Give back each line of the listing precisely as written.

» **RECORDS FOR PROCESSING**:
^^^^

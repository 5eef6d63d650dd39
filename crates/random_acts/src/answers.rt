// Answers are compared; what they hold is compared block by block.
use cm_history::{Answer, CopyState, OpState};
use lba_ranges::BlockList;
use scsi_sense::Sense;

/// The same blocks, of the same length.
fn same_blocks(a: &BlockList, b: &BlockList) -> bool {
    if a.blocks() != b.blocks() || a.block_length() != b.block_length() {
        return false;
    }
    for block in 0..a.blocks() {
        if a.held(block) != b.held(block) {
            return false;
        }
    }
    true
}

/// The same sense.
fn same_sense(a: &Sense, b: &Sense) -> bool {
    (a.key(), a.asc(), a.ascq()) == (b.key(), b.asc(), b.ascq())
}

/// The same state of an operation.
fn same_state(a: &OpState, b: &OpState) -> bool {
    match (a, b) {
        (OpState::Running, OpState::Running)
        | (OpState::Done, OpState::Done)
        | (OpState::Terminated, OpState::Terminated) => true,
        (OpState::Failed(a), OpState::Failed(b)) => same_sense(a, b),
        _ => false,
    }
}

/// The same state of a copy.
fn same_copy_state(a: CopyState, b: CopyState) -> bool {
    matches!(
        (a, b),
        (CopyState::Running, CopyState::Running)
            | (CopyState::Done, CopyState::Done)
            | (CopyState::Failed, CopyState::Failed)
            | (CopyState::Terminated, CopyState::Terminated)
    )
}

/// Whether two answers without blocks are the same.
fn same_word(a: &Answer, b: &Answer) -> bool {
    match (a, b) {
        (Answer::Done, Answer::Done)
        | (Answer::Idle, Answer::Idle)
        | (Answer::Conflict, Answer::Conflict) => true,
        (Answer::Made { serial: a }, Answer::Made { serial: b }) => a == b,
        (Answer::Refused(a), Answer::Refused(b)) => same_sense(a, b),
        (Answer::Progress { state: a, count: m }, Answer::Progress { state: b, count: n }) => {
            m == n && same_state(a, b)
        }
        _ => false,
    }
}

/// Whether two reports, of an operation or of a copy, are the same.
fn same_report(a: &Answer, b: &Answer) -> bool {
    match (a, b) {
        (Answer::Report(a), Answer::Report(b)) => {
            (a.populate, a.background, a.count, a.serial)
                == (b.populate, b.background, b.count, b.serial)
                && same_state(&a.state, &b.state)
        }
        (Answer::Copy(a), Answer::Copy(b)) => {
            (a.segments, a.bytes) == (b.segments, b.bytes) && same_copy_state(a.state, b.state)
        }
        _ => false,
    }
}

/// Whether two answers on reservations are the same.
fn same_reservation(a: &Answer, b: &Answer) -> bool {
    match (a, b) {
        (
            Answer::Keys {
                generation: a,
                keys: of_a,
            },
            Answer::Keys {
                generation: b,
                keys: of_b,
            },
        ) => a == b && of_a.as_slice() == of_b.as_slice(),
        (
            Answer::Holder {
                generation: a,
                holder: of_a,
            },
            Answer::Holder {
                generation: b,
                holder: of_b,
            },
        ) => a == b && of_a == of_b,
        _ => false,
    }
}

/// Whether two answers are the same.
pub fn is_same(a: &Answer, b: &Answer) -> bool {
    match (a, b) {
        (Answer::Blocks(a), Answer::Blocks(b)) | (Answer::Rod(a), Answer::Rod(b)) => {
            same_blocks(a, b)
        }
        (Answer::Status(a), Answer::Status(b)) => {
            a.len() == b.len()
                && a.as_slice().iter().zip(b.as_slice()).all(|(a, b)| {
                    (a.lba, a.count, a.mapped) == (b.lba, b.count, b.mapped)
                })
        }
        _ => same_word(a, b) || same_report(a, b) || same_reservation(a, b),
    }
}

^^^^

» **COMPLETED EXERCISE**:
repository 5eef6d63d650dd39
filename crates/random_acts/src/answers.rt
// Answers are compared; what they hold is compared block by block.
use cm_history::{Answer, CopyState, OpState};
use lba_ranges::BlockList;
use scsi_sense::Sense;

/// The same blocks, of the same length.
fn same_blocks(a: &BlockList, b: &BlockList) -> bool {
    if a.blocks() != b.blocks() || a.block_length() != b.block_length() {
        return false;
    }
    for block in 0..a.blocks() {
        if a.held(block) != b.held(block) {
            return false;
        }
    }
    true
}

/// The same sense.
fn same_sense(a: &Sense, b: &Sense) -> bool {
    (a.key(), a.asc(), a.ascq()) == (b.key(), b.asc(), b.ascq())
}

/// The same state of an operation.
fn same_state(a: &OpState, b: &OpState) -> bool {
    match (a, b) {
        (OpState::Running, OpState::Running)
        | (OpState::Done, OpState::Done)
        | (OpState::Terminated, OpState::Terminated) => true,
        (OpState::Failed(a), OpState::Failed(b)) => same_sense(a, b),
        _ => false,
    }
}

/// The same state of a copy.
fn same_copy_state(a: CopyState, b: CopyState) -> bool {
    matches!(
        (a, b),
        (CopyState::Running, CopyState::Running)
            | (CopyState::Done, CopyState::Done)
            | (CopyState::Failed, CopyState::Failed)
            | (CopyState::Terminated, CopyState::Terminated)
    )
}

/// Whether two answers without blocks are the same.
fn same_word(a: &Answer, b: &Answer) -> bool {
    match (a, b) {
        (Answer::Done, Answer::Done)
        | (Answer::Idle, Answer::Idle)
        | (Answer::Conflict, Answer::Conflict) => true,
        (Answer::Made { serial: a }, Answer::Made { serial: b }) => a == b,
        (Answer::Refused(a), Answer::Refused(b)) => same_sense(a, b),
        (Answer::Progress { state: a, count: m }, Answer::Progress { state: b, count: n }) => {
            m == n && same_state(a, b)
        }
        _ => false,
    }
}

/// Whether two reports, of an operation or of a copy, are the same.
fn same_report(a: &Answer, b: &Answer) -> bool {
    match (a, b) {
        (Answer::Report(a), Answer::Report(b)) => {
            (a.populate, a.background, a.count, a.serial)
                == (b.populate, b.background, b.count, b.serial)
                && same_state(&a.state, &b.state)
        }
        (Answer::Copy(a), Answer::Copy(b)) => {
            (a.segments, a.bytes) == (b.segments, b.bytes) && same_copy_state(a.state, b.state)
        }
        _ => false,
    }
}

/// Whether two answers on reservations are the same.
fn same_reservation(a: &Answer, b: &Answer) -> bool {
    match (a, b) {
        (
            Answer::Keys {
                generation: a,
                keys: of_a,
            },
            Answer::Keys {
                generation: b,
                keys: of_b,
            },
        ) => a == b && of_a.as_slice() == of_b.as_slice(),
        (
            Answer::Holder {
                generation: a,
                holder: of_a,
            },
            Answer::Holder {
                generation: b,
                holder: of_b,
            },
        ) => a == b && of_a == of_b,
        _ => false,
    }
}

/// Whether two answers are the same.
pub fn is_same(a: &Answer, b: &Answer) -> bool {
    match (a, b) {
        (Answer::Blocks(a), Answer::Blocks(b)) | (Answer::Rod(a), Answer::Rod(b)) => {
            same_blocks(a, b)
        }
        (Answer::Status(a), Answer::Status(b)) => {
            a.len() == b.len()
                && a.as_slice().iter().zip(b.as_slice()).all(|(a, b)| {
                    (a.lba, a.count, a.mapped) == (b.lba, b.count, b.mapped)
                })
        }
        _ => same_word(a, b) || same_report(a, b) || same_reservation(a, b),
    }
}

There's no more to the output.